Joaquim Montenegro tinha 10 anos quando passou por uma experiência transformadora
em uma noite de natal. Era um garoto comum. Nada nele chamava atenção. Era franzino;
mediano nas notas da escola; não era rebelde, mas também não era um exemplo de
obediência. Se faltasse uma aula, poucos notariam. Sua ausência não ocasionava
carência e sua presença não fazia muita diferença.
Seus pais, porém, eram pessoas bem relacionadas. Na véspera de natal, costumavam
passar por várias casas para desejar “feliz natal” aos seus amigos e familiares.
A maratona começava cedo, pois a última parada era na casa dos seus avós
maternos. E eles precisavam chegar cedo – exigência do velho casal. Portanto,
às cinco da tarde Joaquim já estava banhado e pronto para “a peregrinação do
natal” – era assim que o pai dele denominava esse momento.

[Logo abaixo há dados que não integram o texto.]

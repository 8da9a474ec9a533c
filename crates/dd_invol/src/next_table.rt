ghost use Rattle.std.specs.Prelude.{◌≡◌, ◌↔◌, ◌*◌, ◌≤◌, List, ℕ, IsTrue, MatchOption, length};
ghost use Rattle.std.specs.Bool.{OnTrue, OnFalse};
ghost use Rattle.dd_model.specs.Symbol.{AreInvolutions};
ghost use Rattle.dd_model.specs.Wanted.{AtMost};
ghost use Rattle.dd_model.specs.declared.pair.Pair.TheVariants.{Tile, Vertex};
ghost use Rattle.dd_symbol.specs.Images.{of_rows};
ghost use Rattle.dd_branch_tables.specs.Stem.{IsStem, prefix_of, size_of};
ghost use Rattle.dd_branch_tables.specs.Walk.{HasNoneLeft};
ghost use Rattle.dd_invol.specs.NextTable.{HasSought, IsSoughtAt, here};

use crate::cells::has_at_most;
use crate::tables::Tables;
use arrayvec::ArrayVec;
use dd_model::{Pair, Request};

/// Returns whether all images, in the order of codes, have no more cells than a request asks for.
fn has_limits(size: u8, images: &[u8], request: &Request) -> bool
    requires size { size ≤ 36 }
    requires whole { length images.now ≡ 3 * size }
    requires involutions { AreInvolutions (of_rows size images.now) }
    ensures { IsTrue result ↔ (AtMost (of_rows size images.now) Tile request.now.tiles
        × AtMost (of_rows size images.now) Vertex request.now.vertices) }
{
    has_at_most(size, images, Pair::Tile, request.tiles)
        && has_at_most(size, images, Pair::Vertex, request.vertices)
}

/// Returns whether the whole prefix of a search is that of a table that its request asks for.
fn is_sought(tables: &mut Tables) -> bool
    requires stem { IsStem tables.old.stem }
    requires whole { length (prefix_of tables.old.stem) ≡ 3 * size_of tables.old.stem }
    ensures same { tables.new ≡ tables.old }
    ensures sought { OnTrue result (HasSought tables.old.request (here tables.old.stem)) }
    ensures none { OnFalse result ((bound : List ℕ)
        → HasNoneLeft tables.old.request (here tables.old.stem) bound) }
{
    if !tables.is_least() {
        return false;
    }
    has_limits(tables.size(), tables.prefix(), tables.request())
}

/// Returns the same numbers, for a caller that keeps them.
pub(crate) fn kept(numbers: &[u8]) -> ArrayVec<u8, 108>
    requires { length numbers.now ≤ 108 }
    ensures { result.items ≡ numbers.now }
{
    let mut images = ArrayVec::new();
    for number in numbers {
        images.push(*number);
    }
    images
}

/// The images of the table of a whole prefix, where it is sought.
pub(crate) fn images_here(tables: &mut Tables) -> Option<ArrayVec<u8, 108>>
    requires stem { IsStem tables.old.stem }
    requires whole { length (prefix_of tables.old.stem) ≡ 3 * size_of tables.old.stem }
    ensures same { tables.new ≡ tables.old }
    ensures found { MatchOption result
        ((bound : List ℕ) → HasNoneLeft tables.old.request (here tables.old.stem) bound)
        (λ images. IsSoughtAt tables.old.request (here tables.old.stem) images.items) }
{
    if !is_sought(tables) {
        return None;
    }
    Some(kept(tables.prefix()))
}
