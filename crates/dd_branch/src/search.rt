ghost use Rattle.std.specs.Bool.{OnFalse};
ghost use Rattle.std.specs.Prelude.{◌≡◌, ◌*◌, ◌≤◌, ◌<◌, [], IfOk, IsTrue, OnOk, length};
ghost use Rattle.dd_model.specs.Request.{IsValid};
ghost use Rattle.dd_model.specs.Jobs.{IsJobOf, AreExtensions, AreMembersUnder};
ghost use Rattle.dd_model.specs.Wanted.{IsMember};
ghost use Rattle.dd_front_jobs.specs.Under.{AreUnder, Appends, HasNothingUnder};
ghost use Rattle.dd_branch_tables.specs.Stem.{size_of};

use crate::descent::Descent;
use dd_branch_bounds::PathShares;
use dd_front::Finder;
use dd_front_jobs::child;
use dd_member_lists::SymbolList;
use dd_model::{Job, Memory, Request};
use std::alloc::Global;
use std::marker::Model;
use std::mem;

/// The search for the members of the catalogue of a request, job by job, with the shares that the
/// request allows, from which those for tables of a size are made. What it has put in for one job
/// it keeps for the next of the same size, whose prefix mostly begins with the same numbers. It
/// also keeps the last prefix under which it found that no member is.
#[derive(Drop)]
pub struct Search {
    request: Request,
    classes: PathShares,
    kept: Option<Box<Descent>>,
    dead: Option<Job>,
}

impl Model for Search {
    ghost use Rattle.dd_model.specs.declared.requests.Request.{Request as Asked};
    ghost use Rattle.dd_branch.specs.Search.{HasKept, IsDead};

    ghost Value = { Asked };

    ghost view = { λ a. a.request };

    ghost invariant = { λ a. HasKept a.request a.classes a.kept × IsDead a.request a.dead };
}

impl Search {
    /// The search for a request.
    pub fn new(request: &Request) -> Search
        ensures { result ≡ request.now }
    {
        Search {
            request: *request,
            classes: PathShares::of(request, 0),
            kept: None,
            dead: None,
        }
    }

    /// A search from the empty prefix. It stays a call of its own, so that the room for it is made
    /// only where it is called.
    #[inline(never)]
    fn begin(&self, alloc: Global, size: u8) -> Result<Box<Descent>, Memory>
        requires valid { IsValid self.now }
        requires size { (1 ≤ size) × (size ≤ 36) }
        ensures request { IfOk result (λ descent. descent.value.request ≡ self.now) }
        ensures size { IfOk result (λ descent. size_of descent.value.stem ≡ size) }
    {
        let descent = Descent::new(alloc, &self.request, &self.classes, size)?;
        Ok(Box::new(alloc, descent)?)
    }

    /// The search that the last job has left, where that was of the same size; else a new one.
    fn take(&mut self, alloc: Global, size: u8) -> Result<Box<Descent>, Memory>
        requires valid { IsValid self.old }
        requires size { (1 ≤ size) × (size ≤ 36) }
        ensures same { self.new ≡ self.old }
        ensures request { IfOk result (λ descent. descent.value.request ≡ self.old) }
        ensures size { IfOk result (λ descent. size_of descent.value.stem ≡ size) }
    {
        if let Some(descent) = self.kept.take() {
            if descent.size() == size {
                return Ok(descent);
            }
        }
        self.begin(alloc, size)
    }

    /// Returns whether it is known that no member is under a job: its prefix begins with the last
    /// one that was found so.
    fn is_dead(&self, job: &Job) -> bool
        ensures { IsTrue result
            → HasNothingUnder (IsMember self.now) job.now.size job.now.prefix }
    {
        match &self.dead {
            Some(dead) => dead.size == job.size
                && job.prefix.as_slice().starts_with(dead.prefix.as_slice()),
            None => false,
        }
    }

    /// Keeps a prefix under which no member is.
    fn remember(&mut self, dead: Job)
        requires { HasNothingUnder (IsMember self.old) dead.size dead.prefix }
        ensures { self.new ≡ self.old }
    {
        let _ = mem::replace(&mut self.dead, Some(dead));
    }

    /// Adds the members under a job.
    fn add_members(&mut self, alloc: Global, job: &Job, list: &mut SymbolList) -> Result<(), Memory>
        requires valid { IsValid self.old }
        requires job { IsJobOf self.old job.now }
        ensures same { self.new ≡ self.old }
        ensures list { OnOk result (Appends
            (AreUnder (IsMember self.old) job.now.size job.now.prefix)
            list.old list.new) }
    {
        if self.is_dead(job) {
            return Ok(());
        }
        let mut descent = self.take(alloc, job.size as u8)?;
        if !descent.add_under(job.prefix.as_slice(), list)? {
            self.remember(descent.dead_part(job)?);
        }
        self.kept = Some(descent);
        Ok(())
    }

    /// The jobs with one number more under which a member may be.
    fn extensions(&mut self, alloc: Global, job: &Job) -> Result<Vec<Job>, Memory>
        requires valid { IsValid self.old }
        requires job { IsJobOf self.old job.now }
        requires shorter { length job.now.prefix < 3 * job.now.size }
        ensures same { self.new ≡ self.old }
        ensures jobs { IfOk result
            (λ jobs. AreExtensions self.old job.now jobs.items) }
    {
        let mut descent = self.take(alloc, job.size as u8)?;
        let jobs = descent.extensions(job)?;
        self.kept = Some(descent);
        Ok(jobs)
    }
}

impl Finder for Search {
    ghost request = { λ q. q };

    fn request(&self) -> Request {
        self.request
    }

    fn fork(&self) -> Search {
        Search {
            request: self.request,
            classes: self.classes,
            kept: None,
            dead: None,
        }
    }

    fn may_find(&mut self, alloc: Global, job: &Job) -> Result<bool, Memory> {
        let mut descent = self.take(alloc, job.size as u8)?;
        let reaches = descent.reach(job.prefix.as_slice());
        self.kept = Some(descent);
        Ok(reaches)
    }

    fn find(&mut self, alloc: Global, job: &Job) -> Result<SymbolList, Memory> {
        let mut list = SymbolList::new(alloc);
        self.add_members(alloc, job, &mut list)?;
        Ok(list)
    }

    fn split(&mut self, alloc: Global, job: &Job) -> Result<Vec<Job>, Memory> {
        let mut jobs = self.extensions(alloc, job)?;
        if jobs.is_empty() {
            // Nothing is under any of them, and the list of children may not be empty. By the
            // number 0, which no code has, a worker recognizes this one.
            jobs.push(child(alloc, job, 0)?)?;
        }
        Ok(jobs)
    }
}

Nessa “peregrinação natalina” Joaquim tinha a oportunidade de falar
com seus primos, tios e avós. As conversas sempre eram as mesmas: “Como está?”,
“Ainda mora no mesmo lugar?”, “E aí, passou de ano?” Os comentários sempre eram
os mesmos também: “Como ele cresceu!”, “Já está um homenzinho”. Os
comportamentos eram sempre os mesmos: abraços, sorrisos e apertos mãos.
Em todas as casas as mesas eram sempre fartas: aves, peixes, frutos do
mar e doces. Em quase todas as casas Joaquim ganhava um presente – até dois às
vezes. Dos avós paternos ganhou um carro de controle remoto; dos tios maternos
um tablet de última geração; de um
dos seus primos um jogo de vídeo game último lançamento. Eram tantos os
presentes que Joaquim não conseguiu abrir todos naquela noite.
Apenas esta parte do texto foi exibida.